— WORK ORDER —
The response has to be every entry, printed word for word.

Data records
---------------

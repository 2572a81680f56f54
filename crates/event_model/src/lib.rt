//! Events on pages: the nodes that an event goes to, and the handlers that wait there for it. Definitions and laws alone.
#![tactic(auto)]

mod awaited;
mod fired;
pub mod laws;
mod limits;

pub use awaited::Awaited;
pub use fired::Fired;
pub use limits::MOST_HANDLERS;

---------------

— WRITTEN REPLY —
repository 2572a81680f56f54
filename crates/event_model/src/lib.rt
//! Events on pages: the nodes that an event goes to, and the handlers that wait there for it. Definitions and laws alone.
#![tactic(auto)]

mod awaited;
mod fired;
pub mod laws;
mod limits;

pub use awaited::Awaited;
pub use fired::Fired;
pub use limits::MOST_HANDLERS;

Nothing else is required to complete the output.